Yep. Some years back I decided to try suspenders, and thought I died and went to heaven. Then summer came, and wearing only a t-shirt, those things almost sawed my neck in half. :laughing:

These days I avoid wearing bags when I can, no matter what time of year. :wheelchair:


----------



## knucklehead (Mar 2, 2009)

If you leave your nail bags laying around on my job they could get nailed to the floor or have a bunch of trash thrown in them.


----------



## Tinstaafl (Jan 6, 2008)

You work with me, and that could escalate real fast. :laughing:


----------



## GRB (Feb 23, 2009)

moorewarner said:


> I am prob going to get a bag upgrade soon and will go with Oxy's, something light.
> 
> How many here run their bags with suspenders/harness?
> 
> I'm thinking it would be a big improvement, one of my least favorite things is how quick the weight climbs and makes full bags a pain on an 8 hour day.


I recently bought the Occi Stronghold Comfort Package for use with my Occi Fatlip bags. I've used other suspenders in the past & while they took some weight off my lower back, they weren't very comfortable or durable. 
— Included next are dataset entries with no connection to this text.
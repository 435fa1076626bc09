// A loop over numbers, as a job.
ghost use Rattle.std.specs.Prelude.{◌≡◌, IfSome};
ghost use Rattle.grain_tasks.specs.Folds.{plain_fold};
ghost use Rattle.library_tour.specs.Squares.{squares, squaring};

use grain_tasks::{ChunkJob, Fold};
use outside_io::NoMemory;
use run_frame::Job;
use span_profile::SpanCount;
use std::alloc::Global;
use std::sync::{Arc, Wait};
use table_frames::run_alone;

/// The squares of the numbers below a count, added up. A sum stays at the greatest `u64`.
#[derive(Drop)]
pub struct Squares {
    pub count: u64,
}

impl Fold for Squares {
    ghost use Rattle.library_tour.specs.Squares.{squaring, squaring_lawful};

    type V = u64;

    ghost folding = { squaring };

    fn count(&self) -> u64 {
        self.count
    }

    fn unit(&self, _alloc: Global) -> Result<u64, NoMemory> {
        Ok(0)
    }

    fn at(&self, _alloc: Global, index: u64) -> Result<u64, NoMemory> {
        Ok(index.saturating_mul(index))
    }

    fn join(&self, _alloc: Global, left: u64, right: &u64) -> Result<u64, NoMemory> {
        Ok(left.saturating_add(*right))
    }

    ghost lawful = { squaring_lawful };
}

/// The squares of the numbers below `count`, added up by a job with a task for `grain` numbers each. `None`: an
/// allocation failed, there would be no number in a chunk or more than 65,536 chunks, or the run was cut short.
pub fn sum_of_squares<R: Wait>(rt: &R, alloc: Global, count: u64, grain: u64) -> Option<u64>
    ensures { IfSome result (λ sum. sum ≡ plain_fold squaring (squares count) count) }
{
    let fold = Arc::new(alloc, Squares { count }).ok()?;
    let Ok(job) = ChunkJob::new(alloc, fold, count, grain) else {
        return None;
    };
    let job = Arc::new(alloc, job).ok()?;
    let Ok(run) = run_alone(rt, alloc, job, &mut SpanCount::new()) else {
        return None;
    };
    if !run.is_fine() {
        return None;
    }
    match run.job.gather(alloc, &run) {
        Ok(sum) => Some(sum),
        Err(_error) => None,
    }
}
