// A job whose tasks add numbers.
ghost use Rattle.std.specs.Prelude.{◌≡◌, IfSome, map, slice_get};
ghost use Rattle.std.specs.Arc.{arc_value};
ghost use Rattle.task_graph.specs.declared.net.TaskRow.{TaskRow};
ghost use Rattle.join_words.specs.Ins.{found_of, parts_of};
ghost use Rattle.run_frame.specs.Meaning.{FitsShape};
ghost use Rattle.library_tour.specs.SumMeaning.{number_at, number_of, sum_with};

use join_words::{Given, Ins};
use outside_io::List;
use run_frame::{Answer, Done, FrameRun, Job, JobError, Valued};
use std::alloc::Global;
use std::marker::Model;
use std::sync::Arc;
use task_graph::{Net, Shape};

/// A job of a net, whose tasks add numbers: each comes to its own number plus those that it finds at its edges.
#[derive(Drop)]
pub struct SumJob {
    net: Arc<Net>,
    numbers: List<u64>,
}

impl Model for SumJob {
    ghost use Rattle.std.specs.Arc.{arc_value};
    ghost use Rattle.library_tour.specs.SumMeaning.{SumWork};

    ghost Value = { SumWork };

    ghost view = { λ job. record { net = arc_value job.net; numbers = job.numbers } };
}

impl SumJob {
    /// The job of this net, where these are the numbers of the tasks. One that has none here adds nothing.
    pub fn new(net: Arc<Net>, numbers: List<u64>) -> SumJob
        ensures { result ≡ record { net = arc_value net; numbers = numbers } }
    {
        SumJob { net, numbers }
    }

    // A task's own number.
    fn number(&self, task: u32) -> u64
        ensures { result ≡ number_at self.now.numbers task }
    {
        match self.numbers.get(task as usize) {
            Some(number) => *number,
            None => 0,
        }
    }

    // Which successors of a task go on.
    fn answer(&self, task: u32) -> Answer
        ensures { IfSome (slice_get self.now.net.tasks task)
            (λ (row : TaskRow). FitsShape row.shape result) }
    {
        match self.net.tasks().get(task as usize) {
            Some(row) => answer_of(row.shape),
            None => Answer::None,
        }
    }
}

// All successors of a task of this shape, or none if it chooses among them.
fn answer_of(shape: Shape) -> Answer
    ensures { FitsShape shape result }
{
    match shape {
        Shape::Plain | Shape::Nested => Answer::All,
        Shape::Choice | Shape::Many => Answer::None,
    }
}

// A number and those that are found, added. It stays at the greatest u64.
fn sum_with(number: u64, ins: &Ins<u64>) -> u64
    ensures { result ≡ sum_with number (map found_of (parts_of ins.now)) }
{
    let mut sum = number;
    for place in 0..ins.len() {
        let Some(given) = ins.get(place) else {
            unreachable!()
        };
        sum = sum.saturating_add(number_of(given));
    }
    sum
}

// The number that is given at an edge.
fn number_of(given: &Given<u64>) -> u64
    ensures { result ≡ number_of (found_of given.now) }
{
    match given {
        Given::Value(_, number) => **number,
        Given::First | Given::Nothing => 0,
    }
}

impl Valued for SumJob {
    type V = u64;
}

impl Job for SumJob {
    ghost use Rattle.library_tour.specs.SumMeaning.{IsSumJob, sum_answers_fit, sum_faults_own, sum_gather_faults_own, sum_job};

    ghost meaning = { sum_job };

    ghost keeps = { IsSumJob };

    fn net(&self) -> &Arc<Net> {
        &self.net
    }

    fn limit(&self) -> u64 {
        1000
    }

    fn run(&self, _alloc: Global, task: u32, ins: &Ins<u64>) -> Result<Done<SumJob>, JobError> {
        let sum = sum_with(self.number(task), ins);
        Ok(Done::Value(sum, self.answer(task)))
    }

    fn gather(&self, _alloc: Global, _run: &FrameRun<SumJob>) -> Result<u64, JobError> {
        Ok(0)
    }

    ghost answers_fit = { sum_answers_fit };

    ghost faults_own = { sum_faults_own };

    ghost gather_faults_own = { sum_gather_faults_own };
}
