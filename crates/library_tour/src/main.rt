//! A tour of the library: a job of one's own, run by four threads.
//!
//! `sum_job.rt` has the job, whose meaning is in `specs/SumMeaning.antt`; `crew.rt` has it run by a crew. `squares.rt`
//! has a loop over numbers as a job of chunks, which is run by one thread. The program prints with which number each
//! task ended, and the sum of ten squares. It is no part of the product.
#![tactic(auto)]

mod crew;
mod squares;
mod sum_job;

use crew::run_by_crew;
use outside_io::{List, NoMemory};
use run_frame::FrameRun;
use squares::sum_of_squares;
use std::alloc::Global;
use std::io;
use std::sync::{Arc, Wait};
use std::thread::Threads;
use sum_job::SumJob;
use task_graph::{Net, NetBuilder, Shape};

// How many threads work on the run.
const WORKERS: usize = 4;

fn main(rt: HostRuntime) -> io::Result<()> {
    match sums(&rt, rt.alloc()) {
        Ok(sums) => {
            for sum in sums.as_slice() {
                println!(rt; "{sum}")?;
            }
        }
        Err(NoMemory) => println!(rt; "out of memory")?,
    }
    match sum_of_squares(&rt, rt.alloc(), 10, 3) {
        Some(sum) => println!(rt; "{sum}"),
        None => println!(rt; "out of memory"),
    }
}

// The number with which each task of a diamond ends.
fn sums<R: Threads + Wait + Sync>(rt: &R, alloc: Global) -> Result<List<u64>, NoMemory> {
    let net = Arc::new(alloc, diamond(alloc)?)?;
    let job = SumJob::new(net, List::from_slice(alloc, &[1, 20, 300, 4000])?);
    let run = run_by_crew(rt, alloc, job, WORKERS)?;
    ended_with(alloc, &run)
}

// Four tasks: the first leads to the next two, and both of these to the last.
fn diamond(alloc: Global) -> Result<Net, NoMemory> {
    let mut builder = NetBuilder::new(alloc);
    for _ in 0..4 {
        add_task(alloc, &mut builder)?;
    }
    for (from, to) in [(0, 1), (0, 2), (1, 3), (2, 3)] {
        if builder.edge(from, to, false).is_err() {
            return Err(NoMemory);
        }
    }
    Ok(builder.finish())
}

fn add_task(alloc: Global, builder: &mut NetBuilder) -> Result<(), NoMemory> {
    match builder.task(Shape::Plain, List::new(alloc), List::new(alloc)) {
        Ok(_) => Ok(()),
        Err(_) => Err(NoMemory),
    }
}

// The number with which each task ended.
fn ended_with(alloc: Global, run: &FrameRun<SumJob>) -> Result<List<u64>, NoMemory> {
    let mut sums = List::new(alloc);
    for task in 0..4 {
        sums.push(last_sum(run, task))?;
    }
    Ok(sums)
}

// The number with which a task ended, or 0 if it didn't.
fn last_sum(run: &FrameRun<SumJob>, task: u32) -> u64 {
    let Some(place) = run.last_end(task) else {
        return 0;
    };
    match run.value(place) {
        Some(sum) => *sum,
        None => 0,
    }
}
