// A run by a crew of threads.
ghost use Rattle.std.specs.Prelude.{◌≡◌, ◌<◌, ◌≤◌, IfOk, length};
ghost use Rattle.std.specs.Arc.{arc_value};
ghost use Rattle.ready_deques.specs.Limits.{max_workers};
ghost use Rattle.span_profile.specs.Watch.{counted};
ghost use Rattle.worker_seat.specs.Crews.{IsEntered, IsKeptOf, MayEnter};
ghost use Rattle.library_tour.specs.SumMeaning.{sum_job};

use crate::sum_job::SumJob;
use outside_io::NoMemory;
use run_frame::FrameRun;
use span_profile::SpanCount;
use std::alloc::Global;
use std::sync::{Arc, Wait};
use std::thread::{Threads, for_each_mut};
use worker_seat::{Crew, CrewParts, EntersEach, WorkerSeat, run_by_seats};

// Enters each seat of a crew by a thread of its own.
struct ByThreads;

impl EntersEach<SumJob, SpanCount> for ByThreads {
    fn enter_each<R: Threads + Wait + Sync>(
        rt: &R,
        crew: &Crew<SumJob>,
        seats: &mut [WorkerSeat<SumJob, SpanCount>],
    ) {
        let threads = seats.len().max(1);
        for_each_mut(
            rt,
            seats,
            threads,
            &|_, seat: &mut WorkerSeat<SumJob, SpanCount>|
                requires { MayEnter crew.now seat.old }
                ensures { IsEntered counted seat.old seat.new }
            { crew.work_at(rt, seat) },
        );
    }
}

/// The run of a job by a crew of so many workers: a legal and complete run of just this job, whatever the threads do.
/// `Err`: an allocation failed.
pub fn run_by_crew<R: Threads + Wait + Sync>(
    rt: &R,
    alloc: Global,
    job: SumJob,
    workers: usize,
) -> Result<FrameRun<SumJob>, NoMemory>
    requires { (0 < workers) × (workers ≤ max_workers) }
    ensures { IfOk result (IsKeptOf sum_job job) }
{
    let watchers = new_counts(alloc, workers)?;
    let job = Arc::new(alloc, job)?;
    let Ok(CrewParts { crew, mut seats }) = Crew::new(alloc, watchers) else {
        return Err(NoMemory);
    };
    run_by_seats::<SumJob, SpanCount, ByThreads, R>(rt, &crew, &mut seats, job).ok_or(NoMemory)
}

// So many watchers, each of which counts the spans of one worker.
fn new_counts(alloc: Global, count: usize) -> Result<Vec<SpanCount>, NoMemory>
    ensures { IfOk result (λ watchers. length watchers.items ≡ count) }
{
    let mut watchers = Vec::with_capacity(alloc, count)?;
    for _ in 0..count {
        watchers.push_reserved(SpanCount::new());
    }
    Ok(watchers)
}
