//! Lists and texts that contracts see as lists of what they hold, and the form of a name.
#![tactic(auto)]

mod list;
mod name;
mod text;

pub use list::List;
pub use name::is_name;
pub use text::Text;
I'm really liking the Occi setup so far. I added a Belt Buddy for lower back support & this is the most comfortable rig I've had in the 30 years I've been wearing tool belts.


----------



## moorewarner (May 29, 2009)

GRB said:


> I recently bought the Occi Stronghold Comfort Package for use with my Occi Fatlip bags. I've used other suspenders in the past & while they took some weight off my lower back, they weren't very comfortable or durable.
> 
> I'm really liking the Occi setup so far. I added a Belt Buddy for lower back support & this is the most comfortable rig I've had in the 30 years I've been wearing tool belts.


Just pulled the trigger on this. :thumbup: I hate having to buy something (that model of bags) without personally inspecting it though. 

http://www.bestbelt.com/product/toolbelts/9525-toolbelt.html

http://www.bestbelt.com/product/belts-accessories/5355_comfort_package.html


----------



## otislilly (May 30, 2012)

I think the last person in a home with toolbags should be the drywall hangers. Too many accidents can happen after that. well in truth the electritions wear them on trimout/no hammer or hammer clip, so i would call that a tool pouch not bag.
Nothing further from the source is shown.